[Start of section]

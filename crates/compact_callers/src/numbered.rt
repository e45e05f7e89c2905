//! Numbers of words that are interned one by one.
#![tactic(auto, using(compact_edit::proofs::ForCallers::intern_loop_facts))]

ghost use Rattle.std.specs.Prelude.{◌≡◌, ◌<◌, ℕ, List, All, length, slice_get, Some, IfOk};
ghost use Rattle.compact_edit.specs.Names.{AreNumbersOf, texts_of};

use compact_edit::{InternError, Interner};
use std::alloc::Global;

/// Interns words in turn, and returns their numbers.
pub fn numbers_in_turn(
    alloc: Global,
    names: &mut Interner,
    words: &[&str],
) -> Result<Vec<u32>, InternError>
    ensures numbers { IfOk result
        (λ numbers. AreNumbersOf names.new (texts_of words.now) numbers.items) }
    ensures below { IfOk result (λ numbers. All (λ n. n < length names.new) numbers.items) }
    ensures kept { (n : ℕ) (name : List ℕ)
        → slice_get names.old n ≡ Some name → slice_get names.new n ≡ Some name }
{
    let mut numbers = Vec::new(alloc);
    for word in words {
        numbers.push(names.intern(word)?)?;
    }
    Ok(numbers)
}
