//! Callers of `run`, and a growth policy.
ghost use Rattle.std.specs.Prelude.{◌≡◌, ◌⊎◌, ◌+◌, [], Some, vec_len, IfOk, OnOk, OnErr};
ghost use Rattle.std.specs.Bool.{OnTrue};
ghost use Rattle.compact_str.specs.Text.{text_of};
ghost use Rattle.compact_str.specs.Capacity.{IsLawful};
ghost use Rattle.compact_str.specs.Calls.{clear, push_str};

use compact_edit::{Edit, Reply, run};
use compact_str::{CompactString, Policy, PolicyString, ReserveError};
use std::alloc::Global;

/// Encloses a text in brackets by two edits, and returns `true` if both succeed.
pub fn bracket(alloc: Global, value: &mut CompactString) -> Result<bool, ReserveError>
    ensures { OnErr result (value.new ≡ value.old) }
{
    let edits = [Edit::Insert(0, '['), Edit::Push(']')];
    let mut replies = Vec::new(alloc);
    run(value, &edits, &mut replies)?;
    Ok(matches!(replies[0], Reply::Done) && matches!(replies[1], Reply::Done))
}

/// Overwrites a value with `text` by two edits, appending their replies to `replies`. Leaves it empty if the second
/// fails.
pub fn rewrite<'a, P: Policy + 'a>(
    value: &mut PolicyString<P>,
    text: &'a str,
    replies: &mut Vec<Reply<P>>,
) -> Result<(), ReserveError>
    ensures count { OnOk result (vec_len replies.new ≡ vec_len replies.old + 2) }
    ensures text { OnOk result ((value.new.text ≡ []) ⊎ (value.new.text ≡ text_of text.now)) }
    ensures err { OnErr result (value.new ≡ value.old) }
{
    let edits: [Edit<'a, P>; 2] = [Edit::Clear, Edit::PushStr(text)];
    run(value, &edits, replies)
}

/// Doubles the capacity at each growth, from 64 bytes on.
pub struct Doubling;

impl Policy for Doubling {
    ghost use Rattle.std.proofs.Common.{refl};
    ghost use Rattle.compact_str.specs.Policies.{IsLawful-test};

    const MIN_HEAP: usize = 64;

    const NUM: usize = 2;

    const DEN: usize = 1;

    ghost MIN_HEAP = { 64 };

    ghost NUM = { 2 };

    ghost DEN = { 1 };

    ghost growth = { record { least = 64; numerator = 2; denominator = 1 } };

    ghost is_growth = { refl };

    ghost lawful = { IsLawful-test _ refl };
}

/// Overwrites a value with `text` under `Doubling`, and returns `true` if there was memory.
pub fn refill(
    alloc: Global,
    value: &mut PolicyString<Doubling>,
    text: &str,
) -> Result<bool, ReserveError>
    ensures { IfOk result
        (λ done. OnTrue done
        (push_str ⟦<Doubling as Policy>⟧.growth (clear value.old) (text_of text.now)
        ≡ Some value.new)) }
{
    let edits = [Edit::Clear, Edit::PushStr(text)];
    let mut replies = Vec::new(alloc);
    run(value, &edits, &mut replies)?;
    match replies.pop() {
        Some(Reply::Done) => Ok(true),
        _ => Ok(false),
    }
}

[End of section]
[Start of section]

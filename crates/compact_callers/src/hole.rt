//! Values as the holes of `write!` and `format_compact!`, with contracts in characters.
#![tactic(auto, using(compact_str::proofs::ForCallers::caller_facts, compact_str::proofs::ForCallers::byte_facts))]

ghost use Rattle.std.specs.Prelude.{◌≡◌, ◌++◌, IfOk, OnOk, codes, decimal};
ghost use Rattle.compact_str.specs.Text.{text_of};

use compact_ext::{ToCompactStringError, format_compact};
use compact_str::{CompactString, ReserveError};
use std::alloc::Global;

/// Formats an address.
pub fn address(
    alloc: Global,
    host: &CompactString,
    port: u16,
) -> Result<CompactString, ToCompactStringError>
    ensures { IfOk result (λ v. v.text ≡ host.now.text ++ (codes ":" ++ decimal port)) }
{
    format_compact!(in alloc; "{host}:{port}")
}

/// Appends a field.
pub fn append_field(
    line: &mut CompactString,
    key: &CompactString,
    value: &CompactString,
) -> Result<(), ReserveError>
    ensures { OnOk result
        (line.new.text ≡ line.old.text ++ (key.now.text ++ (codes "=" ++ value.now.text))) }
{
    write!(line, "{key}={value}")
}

[End of section]

### Assignment:
Search the material for the string "port" and show every line that has it.

### The answer:
    port: u16,
    ensures { IfOk result (λ v. v.text ≡ host.now.text ++ (codes ":" ++ decimal port)) }
    format_compact!(in alloc; "{host}:{port}")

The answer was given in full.